# You Know You're The Significant Other Of Someone In Ems Or Fire When



## emergmedik (Mar 3, 2008)

* You Wake Up To Your Alarm And Shout " Will You Shut That Pager Off Already!"

* Your Idea Of A Massage Is Having Your S.o. Practice Secondary Survey On You.

* Your Idea Of Foreplay Is A Priapism Sweep Or A Check For Wetness

* You Own Several Ems Or Fire Dept. Shirts And Never Bought One.

* Your Idea Of A Turn On Is Wearing Their Sweaty Gear

* You Have Ever Been Stood Up Because There Was A Call

* You Saw The Movie Backdraft And Want To Imitate The Hosebed Scene.

*you Have Evr Waited 6hrs Because They Went On A "quick" Call

* You're More Familiar With Their Station Than Your Parents House

*you Can Discuss Dismemberment At The Dinnertable Without Vomiting,

* You Belong To One Of The Following Clubs: Ferno, Code 3, Hosebed, Hotride....did I Cover Them All????

* You Have All Their Radio Codes Memorized And Can Recite Them In Your Sleep

* You Own A Scanner With All Their Frequencies Programmed Into It

* You Find Yourself Suddenly "coverless" As Your S.o. Does A 360 And Falls Outta Bed Taking All The Covers With Him When The Pager Goes Off.

* You Bring A Book Along To Read While You Wait At The Station For Then To Get Back From A " Quick" Call

* You Drive Seperate Vehicles To A Family Gathering Or Other Events For Fear You Maybe Stranded There When There's A Call

* You Radio That Your S.o. Is Enroute So He Can Drive With Both Hands On The Steering Wheel.

*you Become An Emt Or Dispatcher So You Can Spend "quality"time With Him

* You Have Put On Your Wedding Program: Do To The Solemn Nature Of The Occasion, We Ask That You Turn Down Or Turn Off All Fire And Ems Pagers.

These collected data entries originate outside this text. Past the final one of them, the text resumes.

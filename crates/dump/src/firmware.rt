// Firmware: where it may lie, and whether entries fit it.
#![tactic(auto, using(std::proofs::lemmas::Bool::Decides::nat_tests), unfolding(crate::specs::Checks::is_placed, crate::specs::Checks::fetched_verdict, crate::specs::Checks::type_verdict, crate::specs::Checks::verdict_of))]

ghost use Rattle.std.specs.Prelude.{◌≡◌, ◌/◌, length};
ghost use Rattle.dump.specs.Checks as Checks;

use crate::entries::Entry;
use crate::{Reason, Rejection};

// Code bytes from a base address on, and whether the machine has Zcmp and Zcmt.
#[derive(Clone, Copy)]
pub(crate) struct Firmware<'a> {
    pub(crate) code: &'a [u8],
    pub(crate) base: u64,
    pub(crate) zc: bool,
}

impl Firmware<'_> {
    // Whether the image may lie from its base on: at an even address, and not past 2^64.
    pub(crate) fn is_placed(&self) -> bool
        ensures { result ≡ Checks.is_placed self.now.base (length self.now.code.now) }
    {
        let size = self.code.len() as u64;
        self.base % 2 == 0 && (self.base == 0 || size <= u64::MAX - self.base + 1)
    }

    // An entry by its type: exceptions, interrupts and trap returns fit, whatever their source, and 0, 6 and 7 do not.
    fn type_verdict(&self, entry: Entry) -> Result<(), Reason>
        ensures { result ≡ Checks.type_verdict self.now.code.now self.now.base self.now.zc entry.pc entry.target entry.type_number }
    {
        match entry.type_number {
            1..=3 => Ok(()),
            4 | 5 | 8..=15 => entry.word_verdict(self.fetch(entry.pc)?, self.zc),
            _ => Err(Reason::TypeUnlike),
        }
    }

    // An entry by its words. Without V it is not looked at; of ctrdata TYPE alone is.
    fn verdict_of(&self, source: u64, target: u64, data: u64) -> Result<(), Reason>
        ensures { result ≡ Checks.verdict_of self.now.code.now self.now.base self.now.zc source target «data» }
    {
        if bits::bit(source, 0) {
            self.type_verdict(Entry {
                pc: bits::clear_bit0(source),
                target: bits::clear_bit0(target),
                type_number: bits::low(data, 4),
            })
        } else {
            Ok(())
        }
    }

    // All entries, three words each, up to the first misfit.
    pub(crate) fn check_entries(&self, words: &[u64]) -> Result<(), Rejection>
        ensures { result ≡ Checks.checked_from self.now.code.now self.now.base self.now.zc words.now 0 (length words.now / 3) }
    {
        let (entries, _) = words.as_chunks::<3>();
        for (i, &[source, target, data]) in entries.iter().enumerate() {
            self.verdict_of(source, target, data)
                .map_err(|reason| Rejection::Misfit(i, reason))?;
        }
        Ok(())
    }
}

*you Can Identify All Parts Of The Body Inside And Out, Know Drugs And Their Calculations/doseage, Know How To Operate The Pumper And Have Never Taken A Class....

* He Keeps Asking You To Pose Nude In His Bunkers For His Locker At The Station....

*when You Have More Gall's Catalogs & Firehouse Magazines Thru Out The House Than Actual Books

* You Have A Whole Room In Your Home Dedicated To The Fire And Ems Memoribilia He Has Collected

*you Go To Disneyworld And He Is More Excited To Meet The Disney Firemen Than Mickey

* As Soon As You Show Signs Of Illness He And His Buddies Want To Stick You With An Iv Instead Of Offering Pepto Or Nyquil

* He And The Rest Of The Volunteer Crew Beg You To Have The Baby At Home So He/ They Can Deliver You

*you Have Ever Talked About Moving And The Decision Is Down To Whether Or Not There's A Volunteer Service In Town........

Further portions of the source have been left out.